Database Sharding: Horizontal Partitioning Strategies for Petabyte-Scale Systems
Table of Contents
- Vertical vs Horizontal Scaling: When Each Fails
- What Sharding Actually Does
- The Sharding Key Decision: Most Critical Choice
- Strategy 1: Range Sharding
- Strategy 2: Hash Sharding
- Strategy 3: Consistent Hashing - Minimising Resharding
- Strategy 4: Directory Sharding (Lookup Table)
- Cross-Shard Queries: The Pain of Sharding
- Managed Sharding: Vitess and Citus
- When NOT to Shard
- Resharding: The Hardest Operation
- Frequently Asked Questions
- Key Takeaway
Vertical vs Horizontal Scaling: When Each Fails
Before sharding, exhaust these options:
- Query optimisation (indexes, query plans, avoid N+1)
- Read replicas (offload 80%+ of traffic)
- Vertical scaling (larger instance type)
- Caching layer (Redis - serve hot data without DB)
- Database partitioning (single DB, multiple files - simpler than sharding)
Sharding should be the last resort - it fundamentally changes how your application queries data.

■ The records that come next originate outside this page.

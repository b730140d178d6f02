//! What the desk tells where it is asked.

ghost use Rattle.std.specs.Prelude.{◌↔◌, IsTrue};
ghost use Rattle.ftd_machine.specs.Questions.{AreBounded};

use crate::explained::Explanation;
use crate::kept::KeptRows;
use crate::limits::{are_rows_bounded, are_sums_bounded};
use crate::lists::{AccountName, AgendaRows, DaySums, DueRows, UnappliedRows};
use crate::replies::Reason;
use ftd_days::{Day, Quarter};
use ftd_rules::Kind;

/// The deposit schedule of a day.
#[derive(Clone, Copy, Debug, PartialEq, Eq)]
pub struct DaySchedule {
    /// The day.
    pub day: Day,
    /// The schedule.
    pub kind: Kind,
    /// Why the account has it.
    pub reason: Reason,
}

/// Why the obligation of an account is so whose deposit period holds a day.
#[derive(Drop)]
pub struct ExplainedDay {
    /// The account.
    pub account: AccountName,
    /// The day.
    pub day: Day,
    /// Why it is so. None where no obligation's deposit period holds the day.
    pub found: Option<Explanation>,
}

/// The due list of an account's quarter as of a day.
#[derive(Drop)]
pub struct DueList {
    /// The account.
    pub account: AccountName,
    /// The quarter.
    pub quarter: Quarter,
    /// The day as of which it is told.
    pub as_of: Day,
    /// Its rows, by first day.
    pub rows: DueRows,
}

/// The liability of an account's quarter by day, as Schedule B of Form 941 shows it.
#[derive(Drop)]
pub struct LiabilityByDay {
    /// The account.
    pub account: AccountName,
    /// The quarter.
    pub quarter: Quarter,
    /// The days that have liability, by day.
    pub sums: DaySums,
}

/// What is due between two days, both included, over all accounts, as of a day.
#[derive(Drop)]
pub struct Agenda {
    /// The first of the days.
    pub from: Day,
    /// The last of the days.
    pub to: Day,
    /// The day as of which it is told.
    pub as_of: Day,
    /// Its rows, by due date, then by account, then by first day.
    pub rows: AgendaRows,
}

/// What is due until a day over all accounts, and not paid as of a day.
#[derive(Drop)]
pub struct OwedList {
    /// The day until which it is due.
    pub until: Day,
    /// The day as of which it is told.
    pub as_of: Day,
    /// Its rows, in the order of those of an agenda.
    pub rows: AgendaRows,
}

/// Money that counts for nothing, over all accounts, of the days up to one.
#[derive(Drop)]
pub struct UnappliedList {
    /// The last of the days.
    pub until: Day,
    /// Its rows, by account, first day and number.
    pub rows: UnappliedRows,
}

/// What the desk tells, with what it was asked for.
#[derive(Drop)]
pub enum Facts {
    /// The deposit schedule of a day.
    Status(DaySchedule),
    /// Why an obligation is so.
    Explained(ExplainedDay),
    /// A due list.
    Due(DueList),
    /// The liability of a quarter by day.
    Days(LiabilityByDay),
    /// What is due between two days over all accounts.
    Agenda(Agenda),
    /// What is due until a day over all accounts, and not paid.
    Owed(OwedList),
    /// Money that counts for nothing, over all accounts.
    Unapplied(UnappliedList),
    /// What is kept.
    Kept(KeptRows),
}

/// Whether the amounts of a list of one account that is told are together below
/// 6,000,000,000,000,000 cents, as those of an account are. What is due over all accounts has no
/// such limit: each of its amounts is below it.
pub(crate) fn are_bounded(facts: &Facts) -> bool
    ensures { IsTrue result ↔ AreBounded facts.now }
{
    match facts {
        Facts::Due(list) => are_rows_bounded(list.rows.as_slice()),
        Facts::Days(list) => are_sums_bounded(list.sums.as_slice()),
        _ => true,
    }
}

What Sharding Actually Does
Sharding horizontally partitions rows across multiple database instances. Each shard is an independent database that owns a subset of the data:
Unsharded (1 server): Sharded (3 servers):
+------------------+ +-------------+ +-------------+ +-------------+
| orders table | | Shard 1 | | Shard 2 | | Shard 3 |
| id=1 user=alice | -> | id=1 alice | | id=6 carol | | id=4 eve |
| id=2 user=bob | | id=2 bob | | id=7 dave | | id=5 frank |
| id=3 user=carol | | id=3 carol? | +--------------+ +--------------+
| ...10M rows... | +--------------+
+-------------------+ Each shard handles 3.3M rows
Each accepts writes independentlyYour application layer (or a sharding proxy) must determine which shard to route each query to based on a sharding key.
The Sharding Key Decision: Most Critical Choice
The sharding key is the column used to determine which shard owns a row. A poor sharding key causes hot shards - one shard receiving disproportionate traffic while others sit idle.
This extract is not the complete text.